# Access - Formular mit Dropdown Auswahl (dringend)



## rockabillyjimmy (8. Juni 2005)

Hallo zusammen!

Ich soll bis morgen (deswegen sehr dringend) ein Formular in Access erstellen,
mit dem man mit Hilfe von zwei Dropdown Feldern "Monat" und "Jahr" auswählen kann.
Dann soll über einen Button die Abfrage gestartet werden welche dann alle Datensätze ausgibt mit dem gewählten Datum. 

Kann mir jemand sagen wie ich das machen kann? Da es in SQL soviel ich weis ja
keine "if" oder  "switch" Abfragen gibt, weis ich nicht wie ich das relisieren soll, ich müsste ja
dann für jede Möglichkeit ein extra Abfrae erstellen, oder?
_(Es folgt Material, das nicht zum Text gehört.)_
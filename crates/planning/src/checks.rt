// Checks 1, 26, 1 and 2 to 8, in this order.
ghost use Rattle.std.specs.Prelude.{◌≡◌, ◌*◌, ◌≤◌};
ghost use Rattle.grid.specs.Lent.{mesh_lent};
ghost use Rattle.grid.specs.Mesh.{most_cells};
ghost use Rattle.grid.specs.Facts.{Fine};
ghost use Rattle.function.specs.Elements.{most_dim};
ghost use Rattle.cell_pairs.specs.Patterns.{patterns_right};
ghost use Rattle.refusals.specs.Numbers.{told};
ghost use Rattle.plans.specs.Planning.{batch_right, plan_refusal};
ghost use Rattle.plans.specs.Lent.{lists_lent};
ghost use Rattle.planning.specs.Arguments.{planning_with};
ghost use Rattle.planning.specs.Facts.{lengths_by};

use crate::Assembly;
use cell_pairs::WIDTH;
use cell_patterns::patterns_right;
use function::dims_right;
use grid::{MOST_CELLS, Mesh, Rows, count_kind, mesh_refusal, write_rows};
use integrands::integrand_right;
use numbers::wide;
use plans::PlanLists;
use refusals::Refusal;

// The largest batch.
const MOST_BATCH: u32 = 65535;

// Check 5.
fn batch_right(batch: u32) -> bool
    ensures { result ≡ batch_right batch }
{
    (1..=MOST_BATCH).contains(&batch)
}

// Check 8, of so many cells, which have so many places of DOFs on either side.
fn lengths_right(cells: u32, rows: usize, columns: usize, lists: &PlanLists) -> bool
    requires { (cells ≤ most_cells) × (rows ≤ most_cells * most_dim) × (columns ≤ most_cells * most_dim) }
    ensures { result ≡ lengths_by cells rows columns (lists_lent lists.now) }
{
    let c = wide(cells);
    (lists.test_dofs.len() == rows)
        & (lists.trial_dofs.len() == columns)
        & (lists.test_colours.len() == c)
        & (lists.trial_colours.len() == c)
        & (lists.test_owners.len() == 3 * rows)
        & (lists.trial_owners.len() == 3 * columns)
        & (lists.work.len() == WIDTH * (c * c))
}

// Check 7, by way of the rows of the cells.
#[inline(never)]
fn cells_right(mesh: Mesh) -> bool
    requires { Fine (mesh_lent mesh) }
    ensures { result ≡ patterns_right (mesh_lent mesh.entry) }
{
    // nothing is allocated: room for the rows of the most cells
    let mut rows = [0u32; 4 * MOST_CELLS];
    let rows = &mut rows[..4 * wide(mesh.sizes.cells)];
    write_rows(mesh.kinds, mesh.cell_vertices, mesh.sizes.vertices, rows);
    patterns_right(
        wide(mesh.sizes.cells),
        Rows {
            rows,
            none: mesh.sizes.vertices,
        },
    )
}

// The first check that turns planning down, if any.
pub(crate) fn plan_checked(mesh: Mesh, assembly: Assembly, lists: &PlanLists) -> Result<(), Refusal>
    ensures { told result ≡ plan_refusal (planning_with (mesh_lent mesh.entry) assembly) (lists_lent lists.now) }
{
    mesh_refusal(mesh)?;
    let triangles = count_kind(mesh.kinds, 3);
    let quads = count_kind(mesh.kinds, 4);
    if !dims_right(triangles, quads, assembly.test, assembly.trial) {
        return Err(Refusal::Dim);
    }
    if !batch_right(assembly.batch) {
        return Err(Refusal::Batch);
    }
    if !integrand_right(assembly.integrand) {
        return Err(Refusal::Integrand);
    }
    if !cells_right(mesh) {
        return Err(Refusal::Pattern);
    }
    let rows = assembly.test.places(triangles, quads);
    let columns = assembly.trial.places(triangles, quads);
    if !lengths_right(mesh.sizes.cells, rows, columns, lists) {
        return Err(Refusal::ListLength);
    }
    Ok(())
}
Und da die Datenbank über mehrere Jahre geht wäre das dann ein rießen Aufwand.

Wäre schön wenn ihr mir helfen könntet, da ich von Formularen und SQL ziemlich
wenig Ahnung habe.

Gruß rockabilly

Ps: Ich greife mit ODBC auf eine SQL Datenbank zu.


----------



## Slizzzer (8. Juni 2005)

Hallo!
Keep cool!  

Ertsell das Formular mit 2 Dropdown-Listen. Benenne diese Aussagekräftig wie z.B. mit lstMonat und lastJahr. Diese sollen Jahreszahlen bzw. Monatszahlen aus Tabellen enthalten.

Nun erstellst Du die Abfrage basierend auf der Tabelle mit den Daten, die Du Filtern willst. Unter der Spalte "Datum" gibst Du mit dem Punkt "Aufbauen" einen Ausdruck wie diesen hier ein:

Wie "*." & [Formulare]![frmTest]![lstMonat] & "." & [Formulare]![frmTest]![lstJahr]

Wobei mein Formular frmTest und meine Kombifelder lstMonat und lstJahr heissen.

Wichtig: Its das Datumsfomat z.B. 01.01.2000 muss das Kombifeld Monat auch 01 für Januar und nicht 1 enthalten, d.h. es hat dann das Format Text!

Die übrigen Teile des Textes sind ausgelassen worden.